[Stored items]
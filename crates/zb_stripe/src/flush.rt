ghost use Rattle.std.specs.Prelude.{◌≡◌, ℕ, List, ◌-◌, ◌*◌, All, IfOk};
ghost use Rattle.zb_stripe.specs.Writing.{IsWritable};
ghost use Rattle.zb_stripe.specs.Fresh.{IsFresh, AreFresh, HasRoom};

use crate::parity::grow_parity;
use std::alloc::Global;
use zb_types::{ByteList, Geometry, ItemList, LogId, Mem};

/// All bytes of a stripe so far, of which those from `begin` on are new.
#[derive(Drop)]
pub struct Part {
    pub stripe: u64,
    pub begin: u32,
    pub bytes: ByteList,
}

/// Parts of a flush, in the order in which they are written.
pub type PartList = ItemList<Part>;

/// The new bytes of a log, stripe by stripe, each behind all bytes of its stripe so far.
#[derive(Drop)]
pub struct Flush {
    pub log: LogId,
    pub parts: PartList,
}

/// What is new of a stripe: the bytes behind its first `begin`, and the parity of all its bytes.
#[derive(Drop)]
pub struct Fresh {
    pub stripe: u64,
    pub begin: u32,
    pub bytes: ByteList,
    pub parity: ByteList,
}

/// What is new of some stripes, in the order in which it is written.
pub type FreshList = ItemList<Fresh>;

/// What a flush writes: the new bytes of a log, stripe by stripe, with their parities.
#[derive(Drop)]
pub struct FreshFlush {
    pub log: LogId,
    pub parts: FreshList,
}

impl Fresh {
    /// What is new of a part, with the parity made anew of all its bytes.
    pub fn of(alloc: Global, geo: &Geometry, part: &Part) -> Mem<Fresh>
        requires { IsWritable ((geo.now.servers - 1) * geo.now.fragment) part.now }
        ensures fresh { IfOk result (IsFresh geo.now.servers geo.now.fragment part.now) }
        ensures room { IfOk result (HasRoom ((geo.now.servers - 1) * geo.now.fragment)) }
    {
        let bytes = part.bytes.slice();
        Ok(Fresh {
            stripe: part.stripe,
            begin: part.begin,
            bytes: ByteList::from_slice(alloc, &bytes[part.begin as usize..])?,
            parity: grow_parity(alloc, geo, &[], 0, bytes)?,
        })
    }
}
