ghost use Rattle.std.specs.Prelude.{◌≡◌, ℕ, ◌-◌, ◌*◌, ◌<◌, ◌++◌, IfOk, OnOk, length, All, option_map, slice_get};
ghost use Rattle.zb_holding.specs.Holding.{is_away};
ghost use Rattle.zb_stripe.specs.declared.flush.Part.{Part};
ghost use Rattle.zb_stripe.specs.declared.flush.Flush.{Flush};
ghost use Rattle.zb_stripe.specs.Writing.{grow, share_request, parity_request, part_requests, plan_requests};
ghost use Rattle.zb_stripe.specs.Fresh.{IsFresh, IsFreshFlush, HasRoom};
ghost use Rattle.zb_stripe.specs.Feeding.{fed_by, left_after};

use crate::flush::{Fresh, FreshFlush};
use crate::parity::{lengths, new_of_share};
use std::alloc::Global;
use std::marker::Model;
use zb_layout::{server_of, share};
use zb_types::{
    ByteList, Class, FragId, Geometry, LogId, Mem, Request, Response, ServerId, StoreFault,
};

/// What an answer makes of a write.
#[derive(Clone, Copy, Debug, PartialEq, Eq)]
pub enum Fed {
    /// Another request stands.
    More,
    /// All requests are carried out.
    Done,
    /// The server is down or blank.
    Down { server: ServerId },
    /// The server has no slot for who asks; `free` are free.
    NoSpace { server: ServerId, free: u32 },
    /// A server has a fence at generation `now`.
    Old { now: u64 },
    /// A server wanted memory.
    NoMemory,
}

/// The requests that write a flush, of which contracts see those that are left, each with its server.
#[derive(Drop)]
pub struct WritePlan {
    requests: Vec<(ServerId, Request)>,
    at: usize,
}

impl Model for WritePlan {
    ghost use Rattle.std.specs.Prelude.{List, ◌≤◌, drop, length};
    ghost use Rattle.zb_types.specs.declared.ids.ServerId.{ServerId};
    ghost use Rattle.zb_types.specs.declared.requests.Request.{Request};

    ghost Value = { List (ServerId × Request) };

    ghost view = { λ a. drop a.at a.requests.items };

    ghost invariant = { λ a. a.at ≤ length a.requests.items };
}

/// What all requests of a plan share: the sizes, the log, the server that is left away, and who asks.
#[derive(Clone, Copy)]
pub(crate) struct Setting {
    geo: Geometry,
    log: LogId,
    out: Option<ServerId>,
    class: Class,
}

/// Whether a server is the one that is left away.
pub(crate) fn is_out(out: Option<ServerId>, server: ServerId) -> bool
    ensures { result ≡ is_away out server }
{
    match out {
        Some(gone) => gone.0 == server.0,
        None => false,
    }
}

/// What adds bytes to a share that has some.
fn grow(id: FragId, class: Class, had: u32, bytes: ByteList) -> Request
    ensures { result ≡ grow id class had bytes }
{
    if had == 0 {
        Request::Store { id, bytes, class }
    } else {
        Request::Append {
            id,
            place: had,
            bytes,
        }
    }
}

/// Adds the request for share `k`, where it has new bytes and its server isn't left away.
fn push_share(
    requests: &mut Vec<(ServerId, Request)>,
    alloc: Global,
    to: Setting,
    fresh: &Fresh,
    k: u8,
) -> Mem<()>
    requires fits { HasRoom ((to.geo.servers - 1) * to.geo.fragment) fresh.now }
    requires index { k < to.geo.servers - 1 }
    ensures { OnOk result ((part : Part) → IsFresh to.geo.servers to.geo.fragment part fresh.now
        → requests.new.items
        ≡ requests.old.items ++ share_request to.geo.servers to.geo.fragment to.out to.class to.log part k) }
{
    let new = new_of_share(&to.geo, fresh.begin, fresh.bytes.slice(), k);
    if new.is_empty() {
        return Ok(());
    }
    let id = FragId {
        log: to.log,
        stripe: fresh.stripe,
        index: k,
    };
    let server = server_of(&to.geo, id);
    if is_out(to.out, server) {
        return Ok(());
    }
    let had = share(&to.geo, fresh.begin, k);
    let bytes = ByteList::from_slice(alloc, new)?;
    requests.push((server, grow(id, to.class, had, bytes)))?;
    Ok(())
}

/// Adds the request for the parity, where its server isn't left away.
fn push_parity(
    requests: &mut Vec<(ServerId, Request)>,
    alloc: Global,
    to: Setting,
    fresh: &Fresh,
) -> Mem<()>
    requires fits { HasRoom ((to.geo.servers - 1) * to.geo.fragment) fresh.now }
    ensures { OnOk result ((part : Part) → IsFresh to.geo.servers to.geo.fragment part fresh.now
        → requests.new.items
        ≡ requests.old.items ++ parity_request to.geo.servers to.geo.fragment to.out to.class to.log part) }
{
    let id = FragId {
        log: to.log,
        stripe: fresh.stripe,
        index: (to.geo.servers - 1) as u8,
    };
    let server = server_of(&to.geo, id);
    if is_out(to.out, server) {
        return Ok(());
    }
    let lengths = lengths(alloc, &to.geo, fresh.begin + fresh.bytes.len() as u32)?;
    let bytes = fresh.parity.copy(alloc)?;
    let request = Request::Parity {
        id,
        lengths,
        bytes,
        class: to.class,
    };
    requests.push((server, request))?;
    Ok(())
}

/// Adds the requests of a part, of which this is new.
fn push_part(
    requests: &mut Vec<(ServerId, Request)>,
    alloc: Global,
    to: Setting,
    fresh: &Fresh,
) -> Mem<()>
    requires fits { HasRoom ((to.geo.servers - 1) * to.geo.fragment) fresh.now }
    ensures { OnOk result ((part : Part) → IsFresh to.geo.servers to.geo.fragment part fresh.now
        → requests.new.items
        ≡ requests.old.items ++ part_requests to.geo.servers to.geo.fragment to.out to.class to.log part) }
{
    for k in 0..(to.geo.servers - 1) as u8 {
        push_share(requests, alloc, to, fresh, k)?;
    }
    push_parity(requests, alloc, to, fresh)?;
    Ok(())
}

impl WritePlan {
    /// For each part in order its new bytes by share, then its parity over all its bytes. Requests to `out`, the server
    /// that is left away, are left out; the parity covers its share as if it were sent. The slots are asked for as
    /// `class`.
    pub fn new(
        alloc: Global,
        geo: &Geometry,
        fresh: &FreshFlush,
        out: Option<ServerId>,
        class: Class,
    ) -> Mem<WritePlan>
        requires { All (HasRoom ((geo.now.servers - 1) * geo.now.fragment)) fresh.now.parts }

        // It is the plan of each flush of which this is new, whatever stood before in its stripes.
        ensures { IfOk result (λ plan. (flush : Flush) → IsFreshFlush geo.now.servers geo.now.fragment flush fresh.now
            → plan ≡ plan_requests geo.now.servers geo.now.fragment out class flush) }
    {
        let to = Setting {
            geo: *geo,
            log: fresh.log,
            out,
            class,
        };
        let mut requests = Vec::new(alloc);
        for part in fresh.parts.slice() {
            push_part(&mut requests, alloc, to, part)?;
        }
        Ok(WritePlan { requests, at: 0 })
    }

    /// The request that stands, with the server that it goes to. None where all are carried out.
    pub fn next(&self) -> Option<(ServerId, &Request)>
        ensures { option_map (λ p. (p.0, p.1.now)) result ≡ slice_get self.now 0 }
    {
        match self.requests.as_slice().get(self.at) {
            Some((server, request)) => Some((*server, request)),
            None => None,
        }
    }

    /// Takes the answer to the request that stands. Only `Done` goes on to the next; after any other the plan is as
    /// before. An answer that no write has comes to the same as one of a server that is down. Where no request stands,
    /// all are carried out.
    pub fn feed(&mut self, response: &Response) -> Fed
        ensures fed { result ≡ fed_by self.old response.now }
        ensures left { self.new ≡ left_after self.old response.now }
    {
        let Some((server, _)) = self.requests.as_slice().get(self.at) else {
            return Fed::Done;
        };
        let server = *server;
        match response {
            Response::Done => {
                self.at += 1;
                if self.at < self.requests.len() {
                    Fed::More
                } else {
                    Fed::Done
                }
            }
            Response::Refused(StoreFault::NoSlot { free }) => Fed::NoSpace {
                server,
                free: *free,
            },
            Response::Refused(StoreFault::OldGeneration { now }) => Fed::Old { now: *now },
            Response::Refused(StoreFault::NoMemory) => Fed::NoMemory,
            _ => Fed::Down { server },
        }
    }
}
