ghost use Rattle.std.specs.Prelude.{◌≡◌, ℕ, List, ◌+◌, ◌-◌, ◌*◌, ◌<◌, ◌≤◌, ◌++◌, IfOk, length, map, drop, slice_index, bit_xor};
ghost use Rattle.std.specs.List.{range_with_len};
ghost use Rattle.zb_holding.specs.Exclusive.{xor_at};
ghost use Rattle.zb_holding.specs.Placing.{share_length, share_of};
ghost use Rattle.zb_stripe.specs.Writing.{parity_upto};

use std::alloc::Global;
use zb_layout::share;
use zb_parity::{xor_behind, xor_into};
use zb_types::{ByteList, Geometry, LenList, Mem};

/// How much of each share the first `length` bytes of a stripe reach.
pub(crate) fn lengths(alloc: Global, geo: &Geometry, length: u32) -> Mem<LenList>
    ensures { IfOk result
        (λ lengths. lengths
        ≡ map (share_length geo.now.fragment length) (range_with_len 0 (geo.now.servers - 1))) }
{
    let mut lengths = Vec::new(alloc);
    for k in 0..(geo.servers - 1) as u8 {
        lengths.push(share(geo, length, k))?;
    }
    Ok(LenList::of(lengths))
}

/// The new bytes of share `k`, of those of its stripe behind the first `begin`.
pub(crate) fn new_of_share<'a>(geo: &Geometry, begin: u32, new: &'a [u8], k: u8) -> &'a [u8]
    requires index { k < geo.now.servers - 1 }
    requires room { begin + length new.now ≤ (geo.now.servers - 1) * geo.now.fragment }
    ensures long { length result.now ≡ share_length geo.now.fragment (begin + length new.now) k
        - share_length geo.now.fragment begin k }
    ensures new { (before : List ℕ) → length before ≡ begin
        → result.now ≡ drop (share_length geo.now.fragment begin k) (share_of geo.now.fragment (before ++ new.now) k) }
{
    let had = share(geo, begin, k);
    let all = share(geo, begin + new.len() as u32, k);
    if all <= had {
        return &[];
    }
    let from = usize::from(k) * geo.fragment as usize + had as usize - begin as usize;
    &new[from..from + (all - had) as usize]
}

/// Puts the new bytes of each share into `into`.
fn xor_new(into: &mut [u8], geo: &Geometry, begin: u32, new: &[u8])
    requires room { begin + length new.now ≤ (geo.now.servers - 1) * geo.now.fragment }
    requires long { share_length geo.now.fragment (begin + length new.now) 0 ≤ length into.old }
    ensures { (before : List ℕ) (y : ℕ) → length before ≡ begin
        → bit_xor (slice_index into.new y) (xor_at (share_of geo.now.fragment before) (geo.now.servers - 1) y)
        ≡ bit_xor (slice_index into.old y) (xor_at (share_of geo.now.fragment (before ++ new.now)) (geo.now.servers - 1) y) }
{
    for k in 0..(geo.servers - 1) as u8 {
        let had = share(geo, begin, k) as usize;
        xor_behind(into, had, new_of_share(geo, begin, new, k));
    }
}

/// The parity of all bytes of a stripe, from the parity of its first `begin` bytes and the new ones behind them.
pub fn grow_parity(
    alloc: Global,
    geo: &Geometry,
    parity: &[u8],
    begin: u32,
    new: &[u8],
) -> Mem<ByteList>
    requires room { begin + length new.now ≤ (geo.now.servers - 1) * geo.now.fragment }
    requires long { length parity.now ≡ share_length geo.now.fragment begin 0 }
    ensures { IfOk result (λ grown. (before : List ℕ) → length before ≡ begin
        → parity.now ≡ parity_upto geo.now.servers geo.now.fragment before
        → grown ≡ parity_upto geo.now.servers geo.now.fragment (before ++ new.now)) }
{
    let longest = share(geo, begin + new.len() as u32, 0) as usize;
    let mut grown = vec![in alloc; 0u8; longest]?;
    xor_into(&mut grown, parity);
    xor_new(&mut grown, geo, begin, new);
    Ok(ByteList::of(grown))
}
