ghost use Rattle.std.specs.Prelude.{◌≡◌, ◌+◌, ◌-◌, ◌*◌, ◌≤◌};

use zb_types::{FragId, Geometry, Ptr};

/// A pointer that ends within its stripe.
#[derive(Clone, Copy)]
pub(crate) struct Source {
    pub(crate) geo: Geometry,
    pub(crate) ptr: Ptr,
    pub(crate) ghost room: { ptr.offset + ptr.len ≤ (geo.servers - 1) * geo.fragment },
}

impl Source {
    /// The fragment of the stripe with this index.
    pub(crate) fn fragment(&self, index: u8) -> FragId
        ensures log { result.log ≡ self.now.ptr.log }
        ensures stripe { result.stripe ≡ self.now.ptr.stripe }
        ensures index { result.index ≡ index }
    {
        FragId {
            log: self.ptr.log,
            stripe: self.ptr.stripe,
            index,
        }
    }

    /// The index of the parity.
    pub(crate) fn parity(&self) -> u8
        ensures { result ≡ self.now.geo.servers - 1 }
    {
        (self.geo.servers - 1) as u8
    }
}
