//! Plans of requests: those that write the stripes of a flush, and those that read the bytes of a pointer.
#![tactic(auto)]

mod flush;
mod parity;
mod progress;
mod read_plan;
mod source;
mod write_plan;

pub use flush::{Flush, Fresh, FreshFlush, FreshList, Part, PartList};
pub use parity::grow_parity;
pub use progress::Phase;
pub use read_plan::{Got, ReadPlan};
pub use write_plan::{Fed, WritePlan};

§ Problem to work on: The lines from the top of the data above down to the line containing "use crate::parity::grow_parity;" are to be copied exactly; no other line should appear.

§ Result of the exercise:
filename crates/zb_stripe/src/flush.rt
ghost use Rattle.std.specs.Prelude.{◌≡◌, ℕ, List, ◌-◌, ◌*◌, All, IfOk};
ghost use Rattle.zb_stripe.specs.Writing.{IsWritable};
ghost use Rattle.zb_stripe.specs.Fresh.{IsFresh, AreFresh, HasRoom};

use crate::parity::grow_parity;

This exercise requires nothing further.